» MATERIAL SUPPLIED:
........

ghost use Rattle.std.specs.Prelude.{◌≡◌, false, true, List, None, IfOk, IsOk, IsTrue, OnErr, OnOk, OnSome, option_map};
ghost use Rattle.sv_core.specs.Core.{ArePeople};
ghost use Rattle.sv_rules.specs.Entries.{has_left};
ghost use Rattle.sv_rules.specs.Legal.{is_user};
ghost use Rattle.sv_events.specs.Answer.{plain_answer};
ghost use Rattle.sv_rules.specs.Refused.{waits};
ghost use Rattle.session_rules.specs.Shelf.{Exchange};
ghost use Rattle.apl_session.specs.PlainSession.{HasCome};
ghost use Rattle.party_turns.specs.Entering.{AsksOwn, Brings, BringsFurther, BringsOn, Finds, IsOneIf, IsReady, heard_if};
ghost use Rattle.party_turns.specs.SoFar.{AsksNow, GoesOn, GrowsBy, IsOneSeated, IsSameUser, TakesTurn, TriesAgain, heard};

use crate::{Intent, TurnResult};
use apl_arrays::WantOfMemory;
use apl_io::Shelf;
use apl_session::{Need, Session, SessionStage};
use sv_core::Core;
use sv_events::{Act, Answer, Retry};

/// A user in a run: its session, and whether memory ran out for it.
#[derive(Drop)]
pub struct UserSeat<K> {
    pub session: Session<K>,
    pub is_lost: bool,
}

impl<K: Shelf> UserSeat<K> {
    /// A user of whose lines none is done.
    pub fn new(session: Session<K>) -> Self
        ensures { result ≡ record { session = session; is_lost = false } }
    {
        UserSeat {
            session,
            is_lost: false,
        }
    }

    /// The user's number.
    pub fn user(&self) -> u32
        ensures { result ≡ self.now.session.user }
    {
        self.session.user()
    }

    /// The user's turn, unless it has left: its next act is made, or the one that it waits for is tried again; where its
    /// lines are done it leaves. It leaves too where the run closes, and where memory runs out for it.
    pub fn take_turn(&mut self, core: &mut Core, closes: bool)
        requires user { IsTrue (is_user core.old.users self.old.session.user) }
        requires people { ArePeople core.old.users }
        requires seated { IsOneSeated K.told K.faults core.old.journal self.old }
        ensures same { IsSameUser self.old.session self.new.session }
        ensures grows { GrowsBy self.old.session.user core.old core.new }
        ensures goes_on { GoesOn core.old self.old.session core.new self.new.session }
        ensures gone { has_left core.old.journal self.old.session.user ≡ true → (core.new ≡ core.old) × (self.new ≡ self.old) }
        ensures closed { closes ≡ true → has_left core.new.journal self.old.session.user ≡ true }
        ensures lost { self.old.is_lost ≡ true → self.new.is_lost ≡ true }
        ensures leaves { self.old.is_lost ≡ false → self.new.is_lost ≡ true → has_left core.new.journal self.old.session.user ≡ true }
        ensures turn { closes ≡ false → self.new.is_lost ≡ false → has_left core.old.journal self.old.session.user ≡ false → TakesTurn K.told K.faults core.old self.old core.new self.new }
    {
        if core.has_left(self.user()) {
            return;
        }
        if closes {
            core.leave(self.user());
            return;
        }
        if self.go_on(core).is_ok() {
            return;
        }
        self.is_lost = true;
        core.leave(self.user());
    }

    // Goes on by one act, or leaves where the lines are done.
    fn go_on(&mut self, core: &mut Core) -> Result<(), WantOfMemory>
        requires user { IsTrue (is_user core.old.users self.old.session.user) }
        requires people { ArePeople core.old.users }
        requires stays { has_left core.old.journal self.old.session.user ≡ false }
        requires seated { IsOneSeated K.told K.faults core.old.journal self.old }
        ensures same { IsSameUser self.old.session self.new.session }
        ensures lost { self.new.is_lost ≡ self.old.is_lost }
        ensures grows { GrowsBy self.old.session.user core.old core.new }
        ensures goes_on { OnOk result (GoesOn core.old self.old.session core.new self.new.session) }
        ensures turn { OnOk result (TakesTurn K.told K.faults core.old self.old core.new self.new) }
        ensures stays { OnErr result (has_left core.new.journal self.old.session.user ≡ false) }
    {
        let intent = self.prepare()?;
        let came = self.enter(core, intent)?;
        self.hear(came.answer)
    }

    /// Finds what the user does at its next turn, before it has the turn: a session that waits for no answer goes on to its next
    /// act, or to the end of its lines. It takes the memory of that; after `WantOfMemory` the session has failed.
    pub fn prepare(&mut self) -> Result<Intent, WantOfMemory>
        ensures same { IsSameUser self.old.session self.new.session }
        ensures lost { self.new.is_lost ≡ self.old.is_lost }
        ensures finds { IfOk result (λ intent. Finds K.told K.faults self.old.session intent self.new.session) }
    {
        if self.session.stage() == SessionStage::Waiting {
            return Ok(Intent::TryAgain);
        }
        match self.session.go_on()? {
            Need::Answer => Ok(Intent::Make),
            Need::Nothing => Ok(Intent::Leave),
        }
    }

    /// What the user does, in its turn: one entry is made at the most. It takes the memory of the entry, and none for a leave;
    /// after `WantOfMemory` all is as before.
    pub fn enter(&self, core: &mut Core, intent: Intent) -> Result<TurnResult, WantOfMemory>
        requires user { IsTrue (is_user core.old.users self.now.session.user) }
        requires people { ArePeople core.old.users }
        requires stays { has_left core.old.journal self.now.session.user ≡ false }
        requires ready { (exchanges : List Exchange) × IsReady core.old.journal exchanges intent self.now.session }
        ensures one { IfOk result (λ came. IsOneIf came.is_entered self.now.session.user core.old core.new) }
        ensures brings { IfOk result (λ came. (exchanges : List Exchange) → IsReady core.old.journal exchanges intent self.now.session
            → Brings core.old exchanges self.now.session intent core.new (option_map plain_answer came.answer)) }
        ensures waiting { IfOk result (λ came. OnSome came.answer (self.now.session.stage ≡ SessionStage.Waiting)) }
        ensures err { OnErr result (core.new ≡ core.old) }
    {
        match intent {
            Intent::Make => self.make(core),
            Intent::TryAgain => self.retry(core),
            Intent::Leave => {
                core.leave(self.user());
                Ok(TurnResult {
                    is_entered: true,
                    answer: None,
                })
            }
        }
    }

    // Makes the act of its session. A user that waits comes to another act in a full journal alone, where a retry is answered as
    // the act is.
    fn make(&self, core: &mut Core) -> Result<TurnResult, WantOfMemory>
        requires user { IsTrue (is_user core.old.users self.now.session.user) }
        requires people { ArePeople core.old.users }
        requires stays { has_left core.old.journal self.now.session.user ≡ false }
        requires waiting { self.now.session.stage ≡ SessionStage.Waiting }
        requires asked { (exchanges : List Exchange) × AsksOwn core.old.journal exchanges self.now.session }
        ensures one { IfOk result (λ came. IsOneIf came.is_entered self.now.session.user core.old core.new) }
        ensures brings { IfOk result (λ came. (exchanges : List Exchange) → AsksOwn core.old.journal exchanges self.now.session
            → BringsFurther core.old exchanges self.now.session core.new (option_map plain_answer came.answer)) }
        ensures err { OnErr result (core.new ≡ core.old) }
    {
        if core.waits(self.user()) {
            return self.retry(core);
        }
        match self.session.act() {
            None => unreachable!(),
            Some(act) => self.step(core, act),
        }
    }

    // Makes an act of a user that does not wait.
    fn step(&self, core: &mut Core, act: &Act) -> Result<TurnResult, WantOfMemory>
        requires user { IsTrue (is_user core.old.users self.now.session.user) }
        requires people { ArePeople core.old.users }
        requires stays { has_left core.old.journal self.now.session.user ≡ false }
        requires waiting { self.now.session.stage ≡ SessionStage.Waiting }
        requires free { waits core.old.journal self.now.session.user ≡ false }
        requires asked { (exchanges : List Exchange) × AsksNow core.old.journal exchanges act.now self.now.session }
        ensures one { IfOk result (λ came. IsOneIf came.is_entered self.now.session.user core.old core.new) }
        ensures brings { IfOk result (λ came. (exchanges : List Exchange) → AsksNow core.old.journal exchanges act.now self.now.session
            → BringsFurther core.old exchanges self.now.session core.new (option_map plain_answer came.answer)) }
        ensures err { OnErr result (core.new ≡ core.old) }
    {
        let is_entered = !core.is_full();
        let answer = core.step_with(self.user(), act)?;
        Ok(TurnResult {
            is_entered,
            answer: Some(answer),
        })
    }

    // Tries the act again that the user waits for.
    fn retry(&self, core: &mut Core) -> Result<TurnResult, WantOfMemory>
        requires user { IsTrue (is_user core.old.users self.now.session.user) }
        requires people { ArePeople core.old.users }
        requires stays { has_left core.old.journal self.now.session.user ≡ false }
        requires waiting { self.now.session.stage ≡ SessionStage.Waiting }
        requires waits { IsTrue (waits core.old.journal self.now.session.user) }
        requires again { (exchanges : List Exchange) × TriesAgain core.old.journal exchanges self.now.session }
        ensures one { IfOk result (λ came. IsOneIf came.is_entered self.now.session.user core.old core.new) }
        ensures brings { IfOk result (λ came. (exchanges : List Exchange) → TriesAgain core.old.journal exchanges self.now.session
            → BringsOn core.old exchanges self.now.session core.new (option_map plain_answer came.answer)) }
        ensures err { OnErr result (core.new ≡ core.old) }
    {
        let has_room = !core.is_full();
        match core.retry(self.user())? {
            Retry::Now(answer) => Ok(TurnResult {
                is_entered: has_room,
                answer: Some(answer),
            }),
            Retry::StillHeld => Ok(TurnResult {
                is_entered: false,
                answer: None,
            }),
        }
    }

    /// Hands an answer to the session, if there is one, behind the turn; a session that is to wait hears none. It takes the memory
    /// of what the answer brings; after `WantOfMemory` the session has failed.
    pub fn hear(&mut self, answer: Option<Answer>) -> Result<(), WantOfMemory>
        requires { OnSome answer (self.old.session.stage ≡ SessionStage.Waiting) }
        ensures same { IsSameUser self.old.session self.new.session }
        ensures lost { self.new.is_lost ≡ self.old.is_lost }
        ensures ok { OnOk result (self.new ≡ record self.old { session = heard_if (option_map plain_answer answer) self.new.session self.old.session }) }
        ensures come { OnOk result ((lent : K) (exchanges : List Exchange) → HasCome K.told K.faults lent exchanges self.old.session → HasCome K.told K.faults lent exchanges self.new.session) }
        ensures err { OnErr result (self.new ≡ record self.old { session = record self.old.session { stage = SessionStage.Failed; inside = self.new.session.inside } }) }
        ensures none { answer ≡ None → IsOk result }
    {
        match answer {
            None => Ok(()),
            Some(answer) => self.hear_one(answer),
        }
    }

    // Hands an answer to the session, which waits on where it is `Held`.
    fn hear_one(&mut self, answer: Answer) -> Result<(), WantOfMemory>
        requires { self.old.session.stage ≡ SessionStage.Waiting }
        ensures same { IsSameUser self.old.session self.new.session }
        ensures lost { self.new.is_lost ≡ self.old.is_lost }
        ensures ok { OnOk result (self.new ≡ record self.old { session = heard (plain_answer answer) self.new.session self.old.session }) }
        ensures come { OnOk result ((lent : K) (exchanges : List Exchange) → HasCome K.told K.faults lent exchanges self.old.session → HasCome K.told K.faults lent exchanges self.new.session) }
        ensures err { OnErr result (self.new ≡ record self.old { session = record self.old.session { stage = SessionStage.Failed; inside = self.new.session.inside } }) }
    {
        match answer {
            Answer::Held(_) => Ok(()),
            other => self.session.answer(other),
        }
    }
}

........

» WORK INSTRUCTION: Only lines with the word "where" belong in the answer; copy each of them from the material above.

» RESULT BELOW:
    /// The user's turn, unless it has left: its next act is made, or the one that it waits for is tried again; where its
    /// lines are done it leaves. It leaves too where the run closes, and where memory runs out for it.
    // Goes on by one act, or leaves where the lines are done.
    // Makes the act of its session. A user that waits comes to another act in a full journal alone, where a retry is answered as
    // Hands an answer to the session, which waits on where it is `Held`.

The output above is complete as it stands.